Data from global-positioning-system (GPS) receivers are too unreliable to be used for sole-means navigation by aircraft, according to a study undertaken by the UK Civil Aviation Authority's National Air Traffic Services (NATS).
NATS made the claim after its own trials revealed problems with GPS "outages", availability and integrity, and possible software bugs. One study evaluated data derived from a GPS receiver installed on an in-service British Airways Boeing 747-400 between April 1994 and December 1995. A second study used data from four receivers located on the ground at London's Stansted Airport, for the 12 months to August this year.
NATS says that the two projects "-have illustrated clearly that there are far too many failures in the GPS receivers examined. A considerable reduction in such failures will need to be achieved before GPS can be considered a reliable sole-means system."

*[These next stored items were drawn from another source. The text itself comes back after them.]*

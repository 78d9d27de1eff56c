// Trees of records: the definitions that contracts cite, and their theorems. There is no code here.
#![tactic(auto)]
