// The lag of two counts (RULES 8), with its refusals.
#![tactic(auto)]

ghost use Rattle.std.specs.Prelude.{◌≡◌, ◌<◌};
ghost use Rattle.rules.specs.Refusals.{lag_refusal, number_in};
ghost use Rattle.rules.specs.Lag.{ahead};
ghost use Rattle.rules.specs.Calls.{lag_answer};
ghost use Rattle.lag.specs.Counts.{Counts};

use rules::Refusal;

// How far one has to count on from y to get to x.
fn turn_ahead(c: u32, x: u32, y: u32) -> u32
    requires { Counts c x y }
    ensures { (result < c) × (result ≡ ahead c x y) }
{
    if y <= x { x - y } else { x + c - y }
}

// Refusals 3 and 9.
pub fn lag_refusal(c: u32, x: u32, y: u32) -> Result<(), Refusal>
    ensures { number_in result ≡ lag_refusal c x y }
{
    if params::modulus_refused(c) {
        return Err(Refusal::Modulus);
    }
    if c <= x || c <= y {
        return Err(Refusal::Lag);
    }
    Ok(())
}

// The lag of x against y, 0 if it is refused.
pub fn lag_of(c: u32, x: u32, y: u32) -> i32
    ensures { result ≡ lag_answer c x y }
{
    if lag_refusal(c, x, y).is_err() {
        return 0;
    }
    let d = turn_ahead(c, x, y);
    if 2 * d <= c {
        d as i32
    } else {
        -((c - d) as i32)
    }
}
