// A loaded table as words, and the lowest node whose sort is broken (refusal 7).
#![tactic(auto)]

ghost use Rattle.std.specs.Prelude.{◌≡◌, length, get_or};
ghost use Rattle.program.specs.Table.{node_limit};
ghost use Rattle.load.specs.Loads.{Good};
ghost use Rattle.sorts.specs.Sorts.{node_or_none, first_bad};
ghost use Rattle.pack.specs.Packs.{kind_of, item_of, Column, Packs};

use encode::{childless_word, operator_word, word_of};
use load::Table;
use shapes::Kind;
use sorts::{broken, flags_of, is_field, lower_field, lowest_field};

// The body of definition d; of a number that is none, what stands there.
fn body_of(bodies: &[u8; layout::BYTES], d: u8) -> u8
    ensures { result ≡ get_or bodies.now d 0 }
{
    bodies[usize::from(d)]
}

// The lowest node that offends, with node n looked at behind those below it.
fn first_bad(low: Option<u8>, n: u8, bad: bool) -> Option<u8>
    ensures { node_or_none result ≡ first_bad (node_or_none low) n bad }
{
    match low {
        Some(k) => Some(k),
        None if bad => Some(n),
        None => None,
    }
}

// The words, kinds and items of a table, and the lowest node whose sort is broken.
pub fn pack(
    t: Table,
    ws: &mut [u64; layout::NODES],
    kinds: &mut [u8; layout::NODES],
    items: &mut [u8; layout::NODES],
) -> Option<u8>
    requires { Good t × (length ws.old ≡ node_limit) × (length kinds.old ≡ node_limit) × (length items.old ≡ node_limit) }
    ensures { Packs t ws.new (node_or_none result) × Column kind_of t kinds.new t.n × Column item_of t items.new t.n }
{
    *ws = [0; layout::NODES];
    let mut lowest = None;
    for i in 0..t.n {
        let x = t.nodes[i];
        let body = body_of(&t.bodies, x.item);
        kinds[i] = x.kind.number();
        items[i] = x.item;
        // a node without children and an operator have no sort to break
        if x.kids == 0 {
            ws[i] = childless_word(x, body);
        } else if x.kind == Kind::Operator {
            let side = is_field(ws, x.children[0]) | is_field(ws, x.children[1]);
            ws[i] = operator_word(x, body, side);
        } else {
            let flags = flags_of(ws, x);
            ws[i] = word_of(x, body, flags[0] | flags[1], flags[1]);
            lowest = first_bad(lowest, i as u8, broken(x.kind, flags));
        }
    }
    // a body or main that is a field offends
    let defs = t.defs;
    lowest_field(ws, &t.bodies[..defs], lower_field(ws, t.main, lowest))
}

The 747 data revealed 28 "outages", each lasting an average of 81min, during which the aircraft would have travelled around 1,100km (600nm). NATS says that, while it cannot prove whether the problems were caused by avionics failures or so-called signals-in-space, "-what is certain is that an air-traffic-management system cannot be based on position reports in which more than 3% of the messages hold a useless GPS position report".
Once, the Stansted project recorded a simultaneous outage affecting two identical receivers, prompting NATS to say that adequate redundancy may have to be achieved using dissimilar receivers, or GPS receivers coupled with inertial platforms.